» Your objective:
Below are some entries. Copy each line in them that holds "IsWholeText".

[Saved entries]
*** Begin section ***
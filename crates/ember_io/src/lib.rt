//! Sources of named files (`Shelf`) and outputs that take bytes (`Sink`). The caller hands them in,
//! and each counts its faults.
#![tactic(auto)]

mod failing;
mod file_index;
mod lists;
mod memory_shelf;
mod memory_sink;
mod real;
mod safe_shelf;
mod shelf;
mod sink;

pub use lists::{Calls, FileSet};
pub use memory_shelf::MemoryShelf;
pub use memory_sink::MemorySink;
pub use real::{FileShelf, StdSink};
pub use safe_shelf::SafeShelf;
pub use shelf::{FaultKind, ReadEnd, Shelf, read_all};
pub use sink::{Sink, WriteFault, write_all};
use thiserror::Error;

/// A call to the outside failed.
#[derive(Clone, Copy, Debug, PartialEq, Eq, Error)]
#[error("a call to the outside failed")]
pub struct Failed;
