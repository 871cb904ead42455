// Files in memory that never fail.
ghost use Rattle.std.specs.Prelude.{◌≡◌, [], min, length, Some, IsOk, IfOk, OnOk, OnErr};
ghost use Rattle.std.specs.Io.{ReadsAtMost};
ghost use Rattle.std.specs.Io.KnownBytes.{ReadConsumes};
ghost use Rattle.ember_io.specs.Causes.{HasCause};
ghost use Rattle.ember_io.specs.Files.{first_or_empty};
ghost use Rattle.ember_io.specs.Shelves.{MarksFault};

use crate::file_index::{bytes_of, file_index_or_end, give, past_files};
use crate::shelf::{FaultKind, Shelf};
use crate::{Failed, FileSet};
use std::alloc::{AllocError, Global};
use std::marker::Model;

/// Files in memory that never fail. A name that isn't there is an empty file. Only tests use this.
#[derive(Drop)]
pub struct SafeShelf {
    files: FileSet,
    file_index: usize,
    at: usize,
    begun: u32,
}

impl Model for SafeShelf {
    ghost use Rattle.std.specs.Prelude.{drop};
    ghost use Rattle.ember_io.specs.Files.{bytes_at};
    ghost use Rattle.ember_io.specs.Memory.{SafeState};

    ghost Value = { SafeState };

    ghost view = { λ s. record {
      files = s.files;
      unread = drop s.at (bytes_at s.files s.file_index);
      begun = s.begun;
    } };
}

impl SafeShelf {
    /// A shelf of these files. It allocates nothing.
    pub fn new(_alloc: Global, files: FileSet) -> Result<SafeShelf, AllocError>
        ensures { IfOk result (λ s. s ≡ record { files = files; unread = []; begun = 0 }) }
    {
        let file_index = past_files(files.items());
        Ok(SafeShelf {
            files,
            file_index,
            at: 0,
            begun: 0,
        })
    }
}

impl Shelf for SafeShelf {
    ghost use Rattle.ember_io.specs.declared.shelf.FaultKind.TheVariants.{Other};

    ghost contents = { λ s. first_or_empty s.files };

    ghost unread = { λ s. Some s.unread };

    ghost begun = { λ s. s.begun };

    ghost fault_at = { λ s. 0 };

    ghost fault_kind = { λ s. Other };

    ghost faults = { λ s. 0 };

    fn last_fault(&self) -> FaultKind {
        FaultKind::Other
    }

    fn begin(&mut self, name: &str, number: u32) -> Result<(), Failed>
        ensures contents { first_or_empty self.new.files ≡ first_or_empty self.old.files }
        ensures begun { self.new.begun ≡ number }
        ensures bytes { OnOk result (Some self.new.unread ≡ first_or_empty self.old.files name.now) }
        ensures none_left { OnErr result (Some self.new.unread ≡ Some []) }
        ensures cause { HasCause 0 0 result }
        ensures mark { MarksFault 0 0 number result }

        ensures safe { IsOk result }
        ensures same { self.new.files ≡ self.old.files }
    {
        self.begun = number;
        self.at = 0;
        self.file_index = file_index_or_end(self.files.items(), name);
        Ok(())
    }

    fn read(&mut self, buf: &mut [u8]) -> Result<usize, Failed>
        ensures contents { first_or_empty self.new.files ≡ first_or_empty self.old.files }
        ensures begun { self.new.begun ≡ self.old.begun }
        ensures bound { ReadsAtMost result buf.new }
        ensures bytes { ReadConsumes (Some self.old.unread) (Some self.new.unread) result buf.new }
        ensures cause { HasCause 0 0 result }
        ensures mark { MarksFault 0 0 self.old.begun result }

        ensures safe { IsOk result }
        ensures count { IfOk result (λ n. n ≡ min (length buf.old) (length self.old.unread)) }
        ensures same { self.new.files ≡ self.old.files }
    {
        let rest = bytes_of(self.files.items(), self.file_index);
        let count = give(rest, self.at, usize::MAX, buf);
        self.at += count;
        Ok(count)
    }
}
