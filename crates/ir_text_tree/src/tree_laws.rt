//! Laws of parsing.
ghost use Rattle.std.specs.Prelude.{◌≡◌, ℕ, List, Ok};
ghost use Rattle.ir_text_tree.specs.declared.row.Row.{Row};
ghost use Rattle.ir_text_tree.specs.declared.sort.Piece.{Piece};
ghost use Rattle.ir_text_tree.specs.Parsings.{rows_read};
ghost use Rattle.ir_text_tree.specs.Rows.{GoForward, piece_spans, row_spans};
ghost use Rattle.ir_text_tree.specs.Trees.{Body, IsWholeText, Spells, tree_rows};

/// Tokens that spell a tree are read as its rows.
pub fn tree_is_parsed()
    ensures { (end : ℕ) (xs : List Piece) (b : Body) → IsWholeText b → Spells xs b → rows_read end xs ≡ Ok (tree_rows b) }
{}

/// Tokens that are read spell a tree.
pub fn parsed_is_tree()
    ensures { (end : ℕ) (xs : List Piece) (rows : List Row) → rows_read end xs ≡ Ok rows → (b : Body) × IsWholeText b × Spells xs b }
{}

/// Tokens spell no two trees with different rows.
pub fn one_tree_is_spelled()
    ensures { (xs : List Piece) (b c : Body) → IsWholeText b → IsWholeText c → Spells xs b → Spells xs c → tree_rows b ≡ tree_rows c }
{}

/// Where the spans of tokens go forward, so do the spans of their rows.
pub fn rows_go_forward()
    ensures { (end : ℕ) (xs : List Piece) (rows : List Row) → rows_read end xs ≡ Ok rows → GoForward end 0 (piece_spans xs) → GoForward end 0 (row_spans rows) }
{}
*** End section ***
» Completed exercise:
ghost use Rattle.ir_text_tree.specs.Trees.{Body, IsWholeText, Spells, tree_rows};
    ensures { (end : ℕ) (xs : List Piece) (b : Body) → IsWholeText b → Spells xs b → rows_read end xs ≡ Ok (tree_rows b) }
    ensures { (end : ℕ) (xs : List Piece) (rows : List Row) → rows_read end xs ≡ Ok rows → (b : Body) × IsWholeText b × Spells xs b }
    ensures { (xs : List Piece) (b c : Body) → IsWholeText b → IsWholeText c → Spells xs b → Spells xs c → tree_rows b ≡ tree_rows c }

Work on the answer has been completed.